我原本希望的很简单,有一个家,家人多少无所谓,只要大家是一条心的,再奢侈一点的话可以有个终身为之奋斗的理想,这样日子真实而又有趣。
而我现在只是一个行走的物件而已,在我找到方法完成我心目中的那个宏伟计划之后,我也许才能够真正活得开心一点。
上天就是在和你开玩笑,你还在思考那个计划的时候,那个人不期然的出现。
“小姐,帮个忙好吗,我们手机没电了。”眼前这个穿着西装的人带着白色的手套局促不安地开口求我,眼神带着祈求。
这位是赵先生的司机,为什么我能一下子认出来,这一年我偷偷地花了不少功夫,将赵硕恩身边所有人的样子和资料都记得清清楚楚。
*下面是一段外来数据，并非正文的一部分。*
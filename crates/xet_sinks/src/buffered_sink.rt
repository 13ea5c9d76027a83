//! Sinks with a buffer over a sink below.
ghost use Rattle.std.specs.Prelude.{◌≡◌, ◌+◌, ◌<◌, ◌≤◌, ◌⊎◌, [], Err, IfOk, IsErrOf, Ok, OnOk, false, length};
ghost use Rattle.std.specs.Prelude.{true, vec_capacity, vec_len};
ghost use Rattle.xet_outside.specs.Told.{FlushCall, WriteCall};
ghost use Rattle.xet_sinks.specs.Buffers.{Lacks, buffered_told};
ghost use Rattle.xet_sinks.specs.steps.Held.{Held, WroteOut};

use crate::pushing::{Sent, push};
use std::alloc::Global;
use std::snapshot::Snapshot;
use xet_base::OutOfMemory;
use xet_outside::sink::{Sink, SinkError};

/// A sink that gathers what it takes in a buffer, and writes it to the sink below when the next piece
/// has no room, or at a flush. A piece as long as the buffer goes past it.
///
/// Where the inner sink finds no memory, what it didn't take stays in the buffer, and the next call goes on from
/// there. After the inner sink's `Failed` the buffer is never written again, also when it is dropped: every later
/// write or flush answers `OutOfMemory` and calls nothing, since how much went out is not known.
#[derive(Drop)]
pub struct BufferedSink<O: Sink> {
    inner: O,
    // the inner sink at first, and when the buffer was last empty
    start: Snapshot<O>,
    known: Snapshot<O>,
    buffer: Vec<u8>,
    // how many bytes of the buffer the inner sink took
    out: usize,
    // the inner sink failed, and how much went out isn't known
    stopped: bool,
    // what the inner sink took of the buffer
    pub ghost stands: { Held (O.told known.value).took (O.told inner).took buffer.items out stopped },
}

impl<O: Sink> BufferedSink<O> {
    /// A sink over the inner one, with an empty buffer of so many bytes. `OutOfMemory` lets the inner sink go.
    pub fn new(alloc: Global, inner: O, capacity: usize) -> Result<BufferedSink<O>, OutOfMemory>
    where
        O: Drop,
        ensures inner { IfOk result (λ s. s.inner ≡ inner) }
        ensures told { IfOk result (λ s. ⟦<BufferedSink<O> as Sink>⟧.told s
            ≡ buffered_told (O.told inner) (O.told inner) (O.told inner) []) }
        ensures capacity { IfOk result (λ s. vec_capacity s.buffer ≡ capacity) }
        ensures runs { IfOk result (λ s. s.stopped ≡ false) }
    {
        let buffer = Vec::with_capacity(alloc, capacity)?;
        let start = Snapshot::of(&inner);
        let known = Snapshot::of(&inner);
        Ok(BufferedSink {
            inner,
            start,
            known,
            buffer,
            out: 0,
            stopped: false,
        })
    }

    // Writes out what the buffer holds.
    fn write_out(&mut self) -> Result<(), SinkError>
        ensures call { WroteOut (⟦<BufferedSink<O> as Sink>⟧.told self.old)
            (⟦<BufferedSink<O> as Sink>⟧.told self.new)
            self.new.buffer.items self.new.out self.new.stopped result }
        ensures fault { IsErrOf result SinkError.Failed → self.new.stopped ≡ true }
        ensures runs { self.new.stopped ≡ true → (self.old.stopped ≡ true) ⊎ IsErrOf result SinkError.Failed }
        ensures stopped { self.old.stopped ≡ true
            → (result ≡ Err SinkError.OutOfMemory) × (self.new ≡ self.old) }
        ensures capacity { vec_capacity self.old.buffer ≤ vec_capacity self.new.buffer }
        ensures below { OnOk result ((O.told self.new.inner).took
            ≡ (⟦<BufferedSink<O> as Sink>⟧.told self.new).took) }
    {
        if self.stopped {
            return Err(SinkError::OutOfMemory);
        }
        match push(&mut self.inner, &self.buffer[self.out..]) {
            Sent::Whole => {
                self.known = Snapshot::of(&self.inner);
                self.buffer.clear();
                self.out = 0;
                Ok(())
            }
            Sent::Memory(count) => {
                self.out += count;
                Err(SinkError::OutOfMemory)
            }
            Sent::Fault => {
                self.stopped = true;
                Err(SinkError::Failed)
            }
        }
    }

    // Takes a piece that has room in the buffer.
    fn hold(&mut self, piece: &[u8])
        requires room { vec_len self.old.buffer + length piece.now ≤ vec_capacity self.old.buffer }
        ensures call { WriteCall (⟦<BufferedSink<O> as Sink>⟧.told self.old)
            (⟦<BufferedSink<O> as Sink>⟧.told self.new) piece.now (Ok (length piece.now)) }
        ensures below { self.new.inner ≡ self.old.inner }
        ensures runs { self.new.stopped ≡ self.old.stopped }
        ensures capacity { vec_capacity self.old.buffer ≤ vec_capacity self.new.buffer }
    {
        let Ok(()) = self.buffer.extend_from_slice(piece) else {
            unreachable!()
        };
    }

    // Hands a piece on to the inner sink, past the empty buffer.
    fn pass(&mut self, piece: &[u8]) -> Result<usize, SinkError>
        requires empty { (self.old.buffer.items ≡ []) × (self.old.out ≡ 0) }
        requires whole { self.old.stopped ≡ false }
        ensures call { WriteCall (⟦<BufferedSink<O> as Sink>⟧.told self.old)
            (⟦<BufferedSink<O> as Sink>⟧.told self.new) piece.now result }
        ensures fault { IsErrOf result SinkError.Failed → self.new.stopped ≡ true }
        ensures runs { self.new.stopped ≡ true → (self.old.stopped ≡ true) ⊎ IsErrOf result SinkError.Failed }
        ensures capacity { vec_capacity self.old.buffer ≤ vec_capacity self.new.buffer }
    {
        let answer = self.inner.write(piece);
        self.known = Snapshot::of(&self.inner);
        self.stopped = answer == Err(SinkError::Failed);
        answer
    }

    /// The inner sink, which ends the loan of a sink over a reference. What the buffer holds is not written: flush
    /// first.
    pub fn into_inner(self) -> O
        ensures inner { result ≡ self.inner }
        ensures lacks { Lacks (O.told self.inner).took (⟦<BufferedSink<O> as Sink>⟧.told self).took }
    {
        self.inner
    }
}

impl<O: Sink> Sink for BufferedSink<O> {
    ghost told = { λ s. buffered_told (O.told s.start.value) (O.told s.known.value) (O.told s.inner) s.buffer.items };

    /// Takes the whole piece, where it is shorter than the buffer. Where it has room, nothing is called.
    fn write(&mut self, piece: &[u8]) -> Result<usize, SinkError>
        ensures call { WriteCall (⟦<BufferedSink<O> as Sink>⟧.told self.old)
            (⟦<BufferedSink<O> as Sink>⟧.told self.new) piece.now result }
        ensures held { self.old.stopped ≡ false
            → vec_len self.old.buffer + length piece.now ≤ vec_capacity self.old.buffer
            → (result ≡ Ok (length piece.now)) × (self.new.inner ≡ self.old.inner) }
        ensures fault { IsErrOf result SinkError.Failed → self.new.stopped ≡ true }
        ensures runs { self.new.stopped ≡ true → (self.old.stopped ≡ true) ⊎ IsErrOf result SinkError.Failed }
        ensures stopped { self.old.stopped ≡ true
            → (result ≡ Err SinkError.OutOfMemory) × (self.new ≡ self.old) }
        ensures whole { length piece.now < vec_capacity self.old.buffer
            → IfOk result (λ count. count ≡ length piece.now) }
        ensures capacity { vec_capacity self.old.buffer ≤ vec_capacity self.new.buffer }
    {
        if self.stopped {
            return Err(SinkError::OutOfMemory);
        }
        if piece.len() > self.buffer.capacity() - self.buffer.len() {
            self.write_out()?;
            if piece.len() >= self.buffer.capacity() {
                return self.pass(piece);
            }
        }
        self.hold(piece);
        Ok(piece.len())
    }

    /// Writes out what the buffer holds, and flushes the inner sink, which then has taken all. `Failed` comes only from
    /// the inner sink.
    fn flush(&mut self) -> Result<(), SinkError>
        ensures call { FlushCall (⟦<BufferedSink<O> as Sink>⟧.told self.old)
            (⟦<BufferedSink<O> as Sink>⟧.told self.new) result }
        ensures below { OnOk result ((O.told self.new.inner).took
            ≡ (⟦<BufferedSink<O> as Sink>⟧.told self.new).took) }
        ensures fault { IsErrOf result SinkError.Failed → self.new.stopped ≡ true }
        ensures runs { self.new.stopped ≡ true → (self.old.stopped ≡ true) ⊎ IsErrOf result SinkError.Failed }
        ensures stopped { self.old.stopped ≡ true
            → (result ≡ Err SinkError.OutOfMemory) × (self.new ≡ self.old) }
        ensures capacity { vec_capacity self.old.buffer ≤ vec_capacity self.new.buffer }
    {
        self.write_out()?;
        let answer = self.inner.flush();
        self.stopped = answer == Err(SinkError::Failed);
        answer
    }
}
我的短期记忆力不错,长期的就一般般了,然而反复的复习也就显得没有那么难了。
我看向司机的身后,不远的位置停着一辆车子,有个男人站在一旁,气定神闲的样子,偶尔看看表,看看身边那个一直在自己耳边聒噪的男人,低头笑笑,好像撞车的人根本不是他,他更像是一个无辜的路人。
连同这次,我是第二次看见这位司机大叔撞车了,没想到赵硕恩这么追求完美的人竟然能够容忍这样的事情一而在再,再而三的发生。
既然你容忍能力那么大,为什么当初就不能容忍我呢,都骗了我一年,为什么不愿意骗我一辈子。
我吸了吸鼻子,从包里拿出手机,说道:”好啊。”给了那位司机大叔一个美丽的笑容,将我的手机递给他。
那位司机好像得到什么宝贝一般,悄然的擦了一下额头的汗,回报为一个感谢的笑容,只见那个司机拿了我的手机往车子那边的人走去,恭恭敬敬将手机递给了他,男人没有说什么,只是拿过手机拨了一个号码,开始打起电话来了。
其间那个被撞的司机一直在他么两个旁边指指点点的,那个司机大叔就一直跟他理论,不过看他汗涔涔的样子,好像根本不是那个人的对手。
我慢慢上前,本来还想今天要早点回去的,因为今天冷子言也出差回来了,我住在人家家里,吃他的,穿他的,有的时候觉得自己像是他养的宠物,他回来的时候,要笑地漂漂亮亮地给他看,向他报告我这段时间做的事情,最好是毫无遗漏,不然他的脸色会十分难看。虽然他不会骂我,也不会生我的气,但是他好像会跟自己生气,不吃饭,直到我自己跟他认错他才会开始吃饭。
可是今天是个好机会,我一直在想要怎么接近赵硕恩,现在老天正好给了我一个机会,那么晚一点回去应该没有问题吧,冷子言也只是可能会回来,并不一定真的回来。所以就让那个还不成熟的计划提前进行而已,我也许可以一步步慢慢计划。
我走上前去,将赵先生的司机大叔拦在身后,开始舌战那个得理不饶人的受害者。
“你看看你看看,这么大的刮痕,可怎么办才好啊,我可是规规矩矩在开车的,责任在你,你得负全责。”